Description of problem: We see the following messages when running the autofs regression tests: /sbin/ausearch -sv no -m AVC -m USER_AVC -m SELINUX_ERR -ts 3/26/2008 10:52:50 ---- time->Wed Mar 26 10:53:30 2008 type=SYSCALL msg=audit(1206543210.581:8): arch=c000003e syscall=49 success=no exit=-13 a0=5 a1=7fff1a2c2fa0 a2=10 a3=3 items=0 ppid=5437 pid=5439 auid=4294967295 uid=0 gid=0 euid=0 suid=0 fsuid=0 egid=0 sgid=0 fsgid=0 tty=(none) ses=4294967295 comm="genhomedircon" exe="/usr/bin/python" subj=system_u:system_r:semanage_t:s0 key=(null) type=AVC msg=audit(1206543210.581:8): avc: denied { node_bind } for pid=5439 comm="genhomedircon" scontext=system_u:system_r:semanage_t:s0 tcontext=system_u:object_r:inaddr_any_node_t:s0 tclass=tcp_socket ---- time->Wed Mar 26 10:53:30 2008 type=SYSCALL msg=audit(1206543210.581:9): arch=c000003e syscall=49 success=no exit=-13 a0=5 a1=7fff1a2c2ed0 a2=10 a3=3 items=0 ppid=5437 pid=5439 auid=4294967295 uid=0 gid=0 euid=0 suid=0 fsuid=0 egid=0 sgid=0 fsgid=0 tty=(none) ses=4294967295 comm="genhomedircon" exe="/usr/bin/python" subj=system_u:system_r:semanage_t:s0 key=(null) type=AVC msg=audit(1206543210.581:9): avc: denied { name_bind } for pid=5439 comm="genhomedircon" src=951 scontext=system_u:system_r:semanage_t:s0 tcontext=system_u:object_r:hi_reserved_port_t:s0 tclass=tcp_socket ---- time->Wed Mar 26 10:53:30 2008 type=SYSCALL msg=audit(1206543210.582:10): arch=c000003e syscall=42 success=no exit=-13 a0=5 a1=7fff1a2c3130 a2=10 a3=3 items=0 ppid=5437 pid=5439 auid=4294967295 uid=0 gid=0 euid=0 suid=0 fsuid=0 egid=0 sgid=0 fsgid=0 tty=(none) ses=4294967295 comm="genhomedircon" exe="/usr/bin/python" subj=system_u:system_r:semanage_t:s0 key=(null) type=AVC msg=audit(1206543210.582:10): avc: denied { name_connect } for pid=5439 comm="genhomedircon" dest=111 scontext=system_u:system_r:semanage_t:s0 tcontext=system_u:object_r:portmap_port_t:s0 tclass=tcp_socket Version-Release number of selected component (if applicable): selinux-policy 2.4.6 125.el5 noarch selinux-policy-targeted 2.4.6 125.el5 noarch kernel 2.6.18 86.el5 x86_64 How reproducible: 100% Steps to Reproduce: 1. Run the autofs regression tests.

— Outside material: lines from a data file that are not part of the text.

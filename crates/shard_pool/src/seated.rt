//! The calls of seats.
ghost use Rattle.std.specs.Prelude.{◌≤◌, ◌^◌, IsTrue};
ghost use Rattle.presence_journal.specs.Limits.{is_payload, is_take_limit};
ghost use Rattle.shard_pool.specs.Seats.{CalledAt, IsOfShardAt, shard_of};
ghost use Rattle.shard_pool.specs.Calls.{Tracks, Updates, Untracks, UntracksAll, Lists, Fetches, Subscribes, Takes, Unsubscribes, Shouts};

use crate::gate::Gate;
use crate::lanes::Lanes;
use crate::locked_calls::locked_call;
use crate::pool::Pool;
use crate::reply::{PoolFault, Reply};
use crate::seat::Seat;
use crate::tried::Tried;
use presence_base::{Dot, Json, Key, Meta, Row, Topic, shard_of};
use presence_journal::{Item, SharedRows};
use std::alloc::Global;
use std::sync::Wait;
use tracker_shard::{
    Get, List, SeatCall, Shout, Sub, Subscribe, Take, Track, Unsubscribe, Untrack, UntrackAll,
    Update,
};

impl<G: Gate, L: Lanes> Pool<G, L> {
    /// Makes a call through a seat, at its topic's shard. Where it finds the shard's journal full, or no memory that the journal
    /// may give back, the journal is begun again once, under the lock, and the call made again there; so it refuses with
    /// `JournalFull` only where that is refused.
    pub fn call<R: Wait, Q: SeatCall>(
        &self,
        rt: &R,
        alloc: Global,
        seat: &mut Seat<L>,
        topic: &Topic,
        call: &Q,
    ) -> Tried<Result<Reply<Q::Answer>, PoolFault>>
        ensures { CalledAt (IsOfShardAt self.now.own.name L.begins) (Q.there call.now)
            seat.old seat.new (shard_of topic.now self.now.shards) (Q.step call.now) (Q.gives call.now) result.answer }
    {
        let shard = shard_of(topic, self.shards);
        let Seat {
            number: _,
            first,
            second,
            third,
            fourth,
        } = seat;
        if shard == 0 {
            return locked_call(rt, alloc, &self.gate, &self.first, first, call);
        }
        if shard == 1 {
            return locked_call(rt, alloc, &self.gate, &self.second, second, call);
        }
        if shard == 2 {
            return locked_call(rt, alloc, &self.gate, &self.third, third, call);
        }
        locked_call(rt, alloc, &self.gate, &self.fourth, fourth, call)
    }

    /// Tracks the pid under the key on the topic, and answers the dot of the new row.
    pub fn track<R: Wait>(
        &self,
        rt: &R,
        alloc: Global,
        seat: &mut Seat<L>,
        pid: u64,
        topic: &Topic,
        key: &Key,
        meta: &Meta,
    ) -> Result<Reply<Dot>, PoolFault>
        requires pid { pid ≤ 2 ^ 62 }
        ensures { Tracks (IsOfShardAt self.now.own.name L.begins)
            self.now.shards seat.old seat.new pid topic.now key.now meta.now result }
    {
        self.call(
            rt,
            alloc,
            seat,
            topic,
            &Track {
                pid,
                topic,
                key,
                meta,
            },
        )
        .into_answer()
    }

    /// Replaces what the pid tells under the key on the topic, and answers the dot of the new row.
    pub fn update<R: Wait>(
        &self,
        rt: &R,
        alloc: Global,
        seat: &mut Seat<L>,
        pid: u64,
        topic: &Topic,
        key: &Key,
        meta: &Meta,
    ) -> Result<Reply<Dot>, PoolFault>
        requires pid { pid ≤ 2 ^ 62 }
        ensures { Updates (IsOfShardAt self.now.own.name L.begins)
            self.now.shards seat.old seat.new pid topic.now key.now meta.now result }
    {
        self.call(
            rt,
            alloc,
            seat,
            topic,
            &Update {
                pid,
                topic,
                key,
                meta,
            },
        )
        .into_answer()
    }

    /// Takes out the pid's row under the key on the topic, and answers its dot, or none.
    pub fn untrack<R: Wait>(
        &self,
        rt: &R,
        alloc: Global,
        seat: &mut Seat<L>,
        pid: u64,
        topic: &Topic,
        key: &Key,
    ) -> Result<Reply<Vec<Dot>>, PoolFault>
        ensures { Untracks (IsOfShardAt self.now.own.name L.begins)
            self.now.shards seat.old seat.new pid topic.now key.now result }
    {
        self.call(rt, alloc, seat, topic, &Untrack { pid, topic, key })
            .into_answer()
    }

    /// Takes out each row of the pid on the topic, and answers their dots in order of key and then dot.
    pub fn untrack_all<R: Wait>(
        &self,
        rt: &R,
        alloc: Global,
        seat: &mut Seat<L>,
        pid: u64,
        topic: &Topic,
    ) -> Result<Reply<Vec<Dot>>, PoolFault>
        ensures { UntracksAll (IsOfShardAt self.now.own.name L.begins)
            self.now.shards seat.old seat.new pid topic.now result }
    {
        self.call(rt, alloc, seat, topic, &UntrackAll { pid, topic })
            .into_answer()
    }

    /// The rows that are present on the topic, in order of key and then dot.
    pub fn list<R: Wait>(
        &self,
        rt: &R,
        alloc: Global,
        seat: &mut Seat<L>,
        topic: &Topic,
    ) -> Result<Reply<SharedRows>, PoolFault>
        ensures { Lists (IsOfShardAt self.now.own.name L.begins) self.now.shards seat.old seat.new topic.now result }
    {
        self.call(rt, alloc, seat, topic, &List { topic })
            .into_answer()
    }

    /// The rows that are present under the key on the topic, in order of dot.
    pub fn get<R: Wait>(
        &self,
        rt: &R,
        alloc: Global,
        seat: &mut Seat<L>,
        topic: &Topic,
        key: &Key,
    ) -> Result<Reply<Vec<(Dot, Row)>>, PoolFault>
        ensures { Fetches (IsOfShardAt self.now.own.name L.begins)
            self.now.shards seat.old seat.new topic.now key.now result }
    {
        self.call(rt, alloc, seat, topic, &Get { topic, key })
            .into_answer()
    }

    /// A new subscriber of the topic.
    pub fn subscribe<R: Wait>(
        &self,
        rt: &R,
        alloc: Global,
        seat: &mut Seat<L>,
        topic: &Topic,
    ) -> Result<Reply<Sub>, PoolFault>
        ensures { Subscribes (IsOfShardAt self.now.own.name L.begins)
            self.now.shards seat.old seat.new topic.now result }
    {
        self.call(rt, alloc, seat, topic, &Subscribe { topic })
            .into_answer()
    }

    /// Up to `max` of the items that wait for a subscriber of the topic, or the topic's state where it is behind.
    pub fn take<R: Wait>(
        &self,
        rt: &R,
        alloc: Global,
        seat: &mut Seat<L>,
        topic: &Topic,
        sub: &Sub,
        max: u32,
    ) -> Result<Reply<Vec<Item>>, PoolFault>
        requires limit { IsTrue (is_take_limit max) }
        ensures { Takes (IsOfShardAt self.now.own.name L.begins)
            self.now.shards seat.old seat.new topic.now sub.now max result }
    {
        self.call(rt, alloc, seat, topic, &Take { sub: *sub, max })
            .into_answer()
    }

    /// Ends a subscriber of the topic.
    pub fn unsubscribe<R: Wait>(
        &self,
        rt: &R,
        alloc: Global,
        seat: &mut Seat<L>,
        topic: &Topic,
        sub: &Sub,
    ) -> Result<Reply<()>, PoolFault>
        ensures { Unsubscribes (IsOfShardAt self.now.own.name L.begins)
            self.now.shards seat.old seat.new topic.now sub.now result }
    {
        self.call(rt, alloc, seat, topic, &Unsubscribe { sub: *sub })
            .into_answer()
    }

    /// Sends the payload to each subscriber of the topic.
    pub fn shout<R: Wait>(
        &self,
        rt: &R,
        alloc: Global,
        seat: &mut Seat<L>,
        topic: &Topic,
        payload: &Json,
    ) -> Result<Reply<()>, PoolFault>
        requires payload { IsTrue (is_payload payload.now) }
        ensures { Shouts (IsOfShardAt self.now.own.name L.begins)
            self.now.shards seat.old seat.new topic.now payload.now result }
    {
        self.call(rt, alloc, seat, topic, &Shout { topic, payload })
            .into_answer()
    }
}
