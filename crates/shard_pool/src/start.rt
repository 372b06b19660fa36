//! Where a seat meets a shard for the first time.
ghost use Rattle.std.specs.Prelude.{◌≡◌, IfOk, IfErr};
ghost use Rattle.presence_base.specs.Refs.{IsCount};
ghost use Rattle.presence_journal.specs.History.{begun};
ghost use Rattle.tracker_shard.specs.declared.fault.ShardFault.TheVariants.{OutOfMemory};
ghost use Rattle.shard_pool.specs.Hands.{new_hands};

use crate::lane::Lane;
use crate::locked::Locked;
use crate::part::Part;
use crate::reply::PoolFault;
use presence_base::Replica;
use std::alloc::Global;
use std::sync::ledger::Blank;

/// A new shard of the replica, and for each seat from 0 its part there.
///
/// The shard begins with nothing. The blank has as many parts as there are seats. It refuses with `OutOfMemory` alone.
pub fn lent_start<L: Lane>(
    alloc: Global,
    own: Replica,
    shard: u32,
    seats: u32,
    blank: Blank,
) -> Result<(Locked<L>, Vec<Part<L>>), PoolFault>
    requires count { IsCount own.incarnation }
    requires name { (blank.name ≡ L.name) × (blank.parts ≡ L.parts) }
    requires node { own.name ≡ L.node }
    requires begins { L.begins (begun own) }
    requires seats { blank.parts ≡ seats }
    ensures shard { IfOk result (λ r. (r.0.shard ≡ begun own) × (r.0.calls.total ≡ 0)) }
    ensures parts { IfOk result (λ r. r.1.items ≡ new_hands shard seats) }
    ensures err { IfErr result (λ e. e ≡ OutOfMemory) }
{
    let (calls, mut all) = blank.open::<L>();
    let mut parts = Vec::new(alloc);
    for seat in 0..seats {
        let share = all.split_off(1, 0);
        if parts
            .push(Part::new(seat, shard, Vec::new(alloc), share))
            .is_err()
        {
            return Err(PoolFault::OutOfMemory);
        }
    }
    let locked = Locked::new(alloc, own, calls);
    Ok((locked, parts))
}
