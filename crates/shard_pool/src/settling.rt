//! `settle`: whether receipts and journals agree.
ghost use Rattle.std.specs.Prelude.{◌≡◌, All, List, [], ◌∷◌, ◌++◌, ℕ, ◌+◌, ◌<◌, ◌≤◌, cond, length, map, take, IfOk, IfErr, OnOk, true, false, ◌⊎◌};
ghost use Rattle.presence_journal.specs.History.{History};
ghost use Rattle.shard_pool_settled.specs.Seated.{one_if};
ghost use Rattle.shard_pool_settled.specs.Settled.{Agree, CountsDiffer, are_told};
ghost use Rattle.shard_pool.specs.Lines.{IsOfLane};
ghost use Rattle.shard_pool.specs.Unseated.{IsOf};
ghost use Rattle.shard_pool.specs.Seats.{IsOfShardAt};
ghost use Rattle.shard_pool.specs.Settling.{has_seat, found, by_number, has_seats, IsMissing, AreOf, ArePlaced};

use crate::gate::Gate;
use crate::lane::Lane;
use crate::lanes::Lanes;
use crate::locked::Locked;
use crate::pool::Pool;
use crate::seat::Seat;
use presence_base::Replica;
use presence_journal::Journal;
use shard_pool_settled::{Receipt, SettleFault, check_receipts};
use std::alloc::Global;
use std::sync::{Mutex, Wait};

// The receipts of the seat of a number.
fn receipts_of_number<L: Lanes>(
    alloc: Global,
    seats: &[Seat<L>],
    number: u32,
) -> Result<Vec<Receipt>, SettleFault>
    ensures found { IfOk result (λ v. v.items ≡ found seats.now number) }
    ensures there { OnOk result (has_seat seats.now number ≡ true) }
    ensures missing { result ≡ Err SettleFault.MissingSeat → has_seat seats.now number ≡ false }
    ensures fault { IfErr result (λ e. (e ≡ SettleFault.MissingSeat) ⊎ (e ≡ SettleFault.OutOfMemory)) }
{
    for seat in seats {
        if seat.number() == number {
            return match seat.receipts(alloc) {
                Ok(receipts) => Ok(receipts),
                Err(_) => Err(SettleFault::OutOfMemory),
            };
        }
    }
    Err(SettleFault::MissingSeat)
}

// The receipts of the seats below a number, in order.
fn receipts_by_number<L: Lanes>(
    alloc: Global,
    seats: &[Seat<L>],
    count: u32,
) -> Result<Vec<Vec<Receipt>>, SettleFault>
    ensures found { IfOk result (λ v. map (λ r. r.items) v.items ≡ by_number seats.now count) }
    ensures there { OnOk result (has_seats seats.now count ≡ true) }
    ensures missing { result ≡ Err SettleFault.MissingSeat → IsMissing seats.now count }
    ensures fault { IfErr result (λ e. (e ≡ SettleFault.MissingSeat) ⊎ (e ≡ SettleFault.OutOfMemory)) }
{
    let mut all = Vec::new(alloc);
    for number in 0..count {
        let receipts = receipts_of_number(alloc, seats, number)?;
        if all.push(receipts).is_err() {
            return Err(SettleFault::OutOfMemory);
        }
    }
    Ok(all)
}

/// Whether so many seats, those numbered from 0, are all here, and agree with the journals.
///
/// It refuses in this order: `MissingSeat`, `NoSuchEntry`, `CountDiffers`; `OutOfMemory` at any point.
pub fn check_seats<L: Lanes>(
    alloc: Global,
    journals: &[Journal],
    count: u32,
    seats: &[Seat<L>],
) -> Result<(), SettleFault>
    ensures there { OnOk result (has_seats seats.now count ≡ true) }
    ensures agree { OnOk result (Agree journals.now (by_number seats.now count)) }
    ensures missing { result ≡ Err SettleFault.MissingSeat → IsMissing seats.now count }
    ensures untold { result ≡ Err SettleFault.NoSuchEntry → are_told journals.now (by_number seats.now count) ≡ false }
    ensures untold_here { result ≡ Err SettleFault.NoSuchEntry → has_seats seats.now count ≡ true }
    ensures differs { result ≡ Err SettleFault.CountDiffers → CountsDiffer journals.now (by_number seats.now count) }
    ensures differs_here { result ≡ Err SettleFault.CountDiffers → has_seats seats.now count ≡ true }
{
    let receipts = receipts_by_number(alloc, seats, count)?;
    check_receipts(alloc, journals, receipts.as_slice())
}

// A journal out of its lock.
fn taken_out<K: Lane>(shard: Mutex<Locked<K>>) -> Journal
    ensures journal { IsOf K.node result }
    ensures lane { IsOfLane K.begins result }
{
    let locked = shard.into_inner();
    let _journal = locked.journal();
    locked.into_journal()
}

// Puts the journal behind the others, where it is of a shard that is used. The replica's name is a proof's.
#[tactic(auto, using(crate::proofs::Settled::settled))]
fn put_if(
    used: bool,
    journals: &mut Vec<Journal>,
    own: &Replica,
    journal: Journal,
) -> Result<(), SettleFault>
    requires before { All (IsOf own.now.name) journals.old.items }
    requires one { IsOf own.now.name journal }
    ensures all { OnOk result (All (IsOf own.now.name) journals.new.items) }
    ensures length { OnOk result (length journals.new.items ≡ length journals.old.items + one_if used) }
    ensures behind { OnOk result (journals.new.items ≡ journals.old.items ++ cond used (journal ∷ []) []) }
    ensures err { IfErr result (λ e. e ≡ SettleFault.OutOfMemory) }
{
    if !used {
        return Ok(());
    }
    match journals.push(journal) {
        Ok(()) => Ok(()),
        Err(_) => Err(SettleFault::OutOfMemory),
    }
}

// The journals of the shards that are used, in order. Their order is a proof's.
#[tactic(auto, using(crate::proofs::Settled::in_order))]
fn journals_of(
    alloc: Global,
    own: &Replica,
    shards: u32,
    first: Journal,
    second: Journal,
    third: Journal,
    fourth: Journal,
) -> Result<Vec<Journal>, SettleFault>
    requires shards { (0 < shards) × (shards ≤ 4) }
    requires first { IsOf own.now.name first }
    requires second { IsOf own.now.name second }
    requires third { IsOf own.now.name third }
    requires fourth { IsOf own.now.name fourth }
    ensures ok { IfOk result (λ js. AreOf own.now.name shards js.items) }
    ensures order { IfOk result (λ js. js.items ≡ take shards (first ∷ second ∷ third ∷ fourth ∷ [])) }
    ensures err { IfErr result (λ e. e ≡ SettleFault.OutOfMemory) }
{
    let mut all = Vec::new(alloc);
    put_if(true, &mut all, own, first)?;
    put_if(shards > 1, &mut all, own, second)?;
    put_if(shards > 2, &mut all, own, third)?;
    put_if(shards > 3, &mut all, own, fourth)?;
    Ok(all)
}

impl<G: Gate + Drop, L: Lanes> Pool<G, L> {
    /// The journals out of their locks, where the seats of the pool are all here and agree with them.
    ///
    /// It refuses as `check_seats` does, and then hands nothing back: of the journals that it found no
    /// more can be said than that they were legal.
    pub fn settle<R: Wait>(
        self,
        _rt: &R,
        alloc: Global,
        seats: Vec<Seat<L>>,
    ) -> Result<Vec<Journal>, SettleFault>
        ensures journals { IfOk result (λ js. AreOf self.own.name self.shards js.items) }
        ensures places { IfOk result (λ js. ArePlaced (IsOfShardAt self.own.name L.begins) 0 js.items) }
        ensures there { OnOk result (has_seats seats.items self.seats ≡ true) }
        ensures agree { IfOk result (λ js. Agree js.items (by_number seats.items self.seats)) }
        ensures missing { result ≡ Err SettleFault.MissingSeat → IsMissing seats.items self.seats }
        ensures untold { result ≡ Err SettleFault.NoSuchEntry → (js : List History)
            × AreOf self.own.name self.shards js × (are_told js (by_number seats.items self.seats) ≡ false) }
        ensures untold_here { result ≡ Err SettleFault.NoSuchEntry → has_seats seats.items self.seats ≡ true }
        ensures differs { result ≡ Err SettleFault.CountDiffers → (js : List History)
            × AreOf self.own.name self.shards js × CountsDiffer js (by_number seats.items self.seats) }
        ensures differs_here { result ≡ Err SettleFault.CountDiffers → has_seats seats.items self.seats ≡ true }
    {
        let Pool {
            own,
            shards,
            seats: count,
            gate: _,
            first,
            second,
            third,
            fourth,
        } = self;
        let first = taken_out(first);
        let second = taken_out(second);
        let third = taken_out(third);
        let fourth = taken_out(fourth);
        let journals = journals_of(alloc, &own, shards, first, second, third, fourth)?;
        check_seats(alloc, journals.as_slice(), count, seats.as_slice())?;
        Ok(journals)
    }
}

THis is caused by you not setting the allow_ypbind boolean. setsebool -P allow_ypbind=1 Should fix.
And service ypbind start/stop will set and unset that variable. As far as I know, I shouldn't have to set it manually.
More specifically, I don't call genhomedircon, it seems to get called on my behalf when running something else (service ypbind start/stop maybe?). Dan, can you comment on this? The script in question only does a 'service ypbind start', no stop, no restart. It is also the first script in the test run to start ypbind.
Correction, we run 'service ypbind stop' first, and at that time the service was not previously running.
Yes the init script is setting the boolean but it is too late, and the AVC's actually are against the command that is setting the boolean. setsebool allow_ypbind 1 execs genhomedircon. So this is generating the AVC messages. It is better to just set the boolean permanently.